> [Your assignment]: If a line contains "for step in", it is the last one to write out; begin with the first line of the records and copy each exactly.

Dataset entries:
▬▬▬
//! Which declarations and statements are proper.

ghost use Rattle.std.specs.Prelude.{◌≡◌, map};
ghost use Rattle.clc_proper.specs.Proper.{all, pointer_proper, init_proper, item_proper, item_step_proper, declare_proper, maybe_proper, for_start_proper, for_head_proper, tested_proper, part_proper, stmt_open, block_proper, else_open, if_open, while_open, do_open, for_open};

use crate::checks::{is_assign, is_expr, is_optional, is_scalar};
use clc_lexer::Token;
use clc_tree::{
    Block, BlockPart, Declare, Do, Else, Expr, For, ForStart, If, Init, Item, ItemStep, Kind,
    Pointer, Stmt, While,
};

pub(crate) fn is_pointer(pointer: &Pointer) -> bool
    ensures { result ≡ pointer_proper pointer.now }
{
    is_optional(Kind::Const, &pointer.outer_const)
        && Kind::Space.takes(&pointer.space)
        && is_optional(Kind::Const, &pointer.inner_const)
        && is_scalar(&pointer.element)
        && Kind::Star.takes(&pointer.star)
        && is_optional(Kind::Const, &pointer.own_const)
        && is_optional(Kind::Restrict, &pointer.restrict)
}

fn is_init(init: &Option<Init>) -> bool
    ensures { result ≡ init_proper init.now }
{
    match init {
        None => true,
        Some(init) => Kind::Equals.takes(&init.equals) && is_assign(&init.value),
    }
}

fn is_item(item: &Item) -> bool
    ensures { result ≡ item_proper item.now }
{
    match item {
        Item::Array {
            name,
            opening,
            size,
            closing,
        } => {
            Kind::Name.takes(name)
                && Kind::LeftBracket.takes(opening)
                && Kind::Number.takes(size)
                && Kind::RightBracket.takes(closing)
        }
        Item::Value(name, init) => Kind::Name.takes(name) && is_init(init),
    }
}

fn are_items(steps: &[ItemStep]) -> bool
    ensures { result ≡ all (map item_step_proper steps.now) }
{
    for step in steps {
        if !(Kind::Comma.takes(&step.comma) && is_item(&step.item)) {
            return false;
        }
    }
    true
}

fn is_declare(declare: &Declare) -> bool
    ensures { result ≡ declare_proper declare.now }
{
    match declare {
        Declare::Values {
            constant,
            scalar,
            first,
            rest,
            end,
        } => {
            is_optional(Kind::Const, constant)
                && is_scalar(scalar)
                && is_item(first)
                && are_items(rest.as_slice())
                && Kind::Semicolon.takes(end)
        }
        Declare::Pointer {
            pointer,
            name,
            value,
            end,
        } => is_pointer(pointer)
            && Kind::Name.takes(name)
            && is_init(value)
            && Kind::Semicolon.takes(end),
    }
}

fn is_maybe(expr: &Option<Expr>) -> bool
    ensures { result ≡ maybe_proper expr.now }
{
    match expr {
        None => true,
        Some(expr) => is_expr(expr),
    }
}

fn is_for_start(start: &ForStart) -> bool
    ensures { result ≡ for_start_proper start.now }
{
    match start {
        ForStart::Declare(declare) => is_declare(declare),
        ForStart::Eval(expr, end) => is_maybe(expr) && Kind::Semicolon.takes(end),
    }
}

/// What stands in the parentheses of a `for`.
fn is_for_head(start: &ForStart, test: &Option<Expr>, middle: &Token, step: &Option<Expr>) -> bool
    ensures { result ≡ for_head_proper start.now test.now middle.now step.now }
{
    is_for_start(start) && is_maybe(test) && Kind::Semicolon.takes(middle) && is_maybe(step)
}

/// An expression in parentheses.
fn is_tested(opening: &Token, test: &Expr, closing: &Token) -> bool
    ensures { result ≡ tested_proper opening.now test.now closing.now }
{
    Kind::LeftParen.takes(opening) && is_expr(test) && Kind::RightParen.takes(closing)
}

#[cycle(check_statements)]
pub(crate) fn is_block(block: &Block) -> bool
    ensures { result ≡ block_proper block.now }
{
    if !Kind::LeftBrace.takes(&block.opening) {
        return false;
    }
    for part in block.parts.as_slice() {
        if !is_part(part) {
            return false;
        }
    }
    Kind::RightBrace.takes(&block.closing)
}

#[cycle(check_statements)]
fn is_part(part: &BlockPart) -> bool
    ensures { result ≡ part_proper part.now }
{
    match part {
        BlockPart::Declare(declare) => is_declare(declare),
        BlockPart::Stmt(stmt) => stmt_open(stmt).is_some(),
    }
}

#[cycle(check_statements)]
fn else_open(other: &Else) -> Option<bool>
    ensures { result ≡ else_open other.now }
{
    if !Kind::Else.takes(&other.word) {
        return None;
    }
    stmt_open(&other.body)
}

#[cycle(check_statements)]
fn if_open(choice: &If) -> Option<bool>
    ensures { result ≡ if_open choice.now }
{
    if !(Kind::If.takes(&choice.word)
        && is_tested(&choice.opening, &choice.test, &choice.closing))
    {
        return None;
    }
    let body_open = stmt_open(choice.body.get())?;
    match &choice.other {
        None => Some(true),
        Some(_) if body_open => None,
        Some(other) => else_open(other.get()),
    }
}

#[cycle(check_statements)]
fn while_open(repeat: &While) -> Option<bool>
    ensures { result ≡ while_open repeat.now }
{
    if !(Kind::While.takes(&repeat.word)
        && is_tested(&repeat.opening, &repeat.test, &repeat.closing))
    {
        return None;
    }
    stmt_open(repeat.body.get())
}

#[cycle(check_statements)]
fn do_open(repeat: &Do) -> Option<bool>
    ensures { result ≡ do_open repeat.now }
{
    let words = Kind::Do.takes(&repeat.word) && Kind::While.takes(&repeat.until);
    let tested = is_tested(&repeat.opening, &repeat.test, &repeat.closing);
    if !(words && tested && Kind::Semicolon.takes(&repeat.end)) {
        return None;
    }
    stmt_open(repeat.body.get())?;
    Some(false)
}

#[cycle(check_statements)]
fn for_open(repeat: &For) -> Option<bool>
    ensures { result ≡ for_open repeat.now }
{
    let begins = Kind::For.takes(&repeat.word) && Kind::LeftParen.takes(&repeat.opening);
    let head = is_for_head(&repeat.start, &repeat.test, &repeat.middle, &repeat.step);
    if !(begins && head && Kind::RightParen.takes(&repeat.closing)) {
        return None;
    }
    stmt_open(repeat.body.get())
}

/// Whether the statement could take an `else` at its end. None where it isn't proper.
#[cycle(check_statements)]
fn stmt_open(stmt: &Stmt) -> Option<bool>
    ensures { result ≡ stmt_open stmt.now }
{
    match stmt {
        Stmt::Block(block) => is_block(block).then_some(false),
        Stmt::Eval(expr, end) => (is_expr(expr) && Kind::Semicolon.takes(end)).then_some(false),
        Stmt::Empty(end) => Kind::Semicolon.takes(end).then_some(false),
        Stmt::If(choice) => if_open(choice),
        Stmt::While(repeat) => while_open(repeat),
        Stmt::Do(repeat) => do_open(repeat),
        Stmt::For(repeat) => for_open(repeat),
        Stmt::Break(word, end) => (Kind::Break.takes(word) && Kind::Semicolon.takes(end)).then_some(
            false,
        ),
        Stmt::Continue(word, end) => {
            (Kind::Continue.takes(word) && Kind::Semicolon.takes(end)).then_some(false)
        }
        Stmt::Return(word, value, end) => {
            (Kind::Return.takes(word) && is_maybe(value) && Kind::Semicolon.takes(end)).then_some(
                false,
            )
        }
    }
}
▬▬▬
> [Solution to the problem]:
//! Which declarations and statements are proper.

ghost use Rattle.std.specs.Prelude.{◌≡◌, map};
ghost use Rattle.clc_proper.specs.Proper.{all, pointer_proper, init_proper, item_proper, item_step_proper, declare_proper, maybe_proper, for_start_proper, for_head_proper, tested_proper, part_proper, stmt_open, block_proper, else_open, if_open, while_open, do_open, for_open};

use crate::checks::{is_assign, is_expr, is_optional, is_scalar};
use clc_lexer::Token;
use clc_tree::{
    Block, BlockPart, Declare, Do, Else, Expr, For, ForStart, If, Init, Item, ItemStep, Kind,
    Pointer, Stmt, While,
};

pub(crate) fn is_pointer(pointer: &Pointer) -> bool
    ensures { result ≡ pointer_proper pointer.now }
{
    is_optional(Kind::Const, &pointer.outer_const)
        && Kind::Space.takes(&pointer.space)
        && is_optional(Kind::Const, &pointer.inner_const)
        && is_scalar(&pointer.element)
        && Kind::Star.takes(&pointer.star)
        && is_optional(Kind::Const, &pointer.own_const)
        && is_optional(Kind::Restrict, &pointer.restrict)
}

fn is_init(init: &Option<Init>) -> bool
    ensures { result ≡ init_proper init.now }
{
    match init {
        None => true,
        Some(init) => Kind::Equals.takes(&init.equals) && is_assign(&init.value),
    }
}

fn is_item(item: &Item) -> bool
    ensures { result ≡ item_proper item.now }
{
    match item {
        Item::Array {
            name,
            opening,
            size,
            closing,
        } => {
            Kind::Name.takes(name)
                && Kind::LeftBracket.takes(opening)
                && Kind::Number.takes(size)
                && Kind::RightBracket.takes(closing)
        }
        Item::Value(name, init) => Kind::Name.takes(name) && is_init(init),
    }
}

fn are_items(steps: &[ItemStep]) -> bool
    ensures { result ≡ all (map item_step_proper steps.now) }
{
    for step in steps {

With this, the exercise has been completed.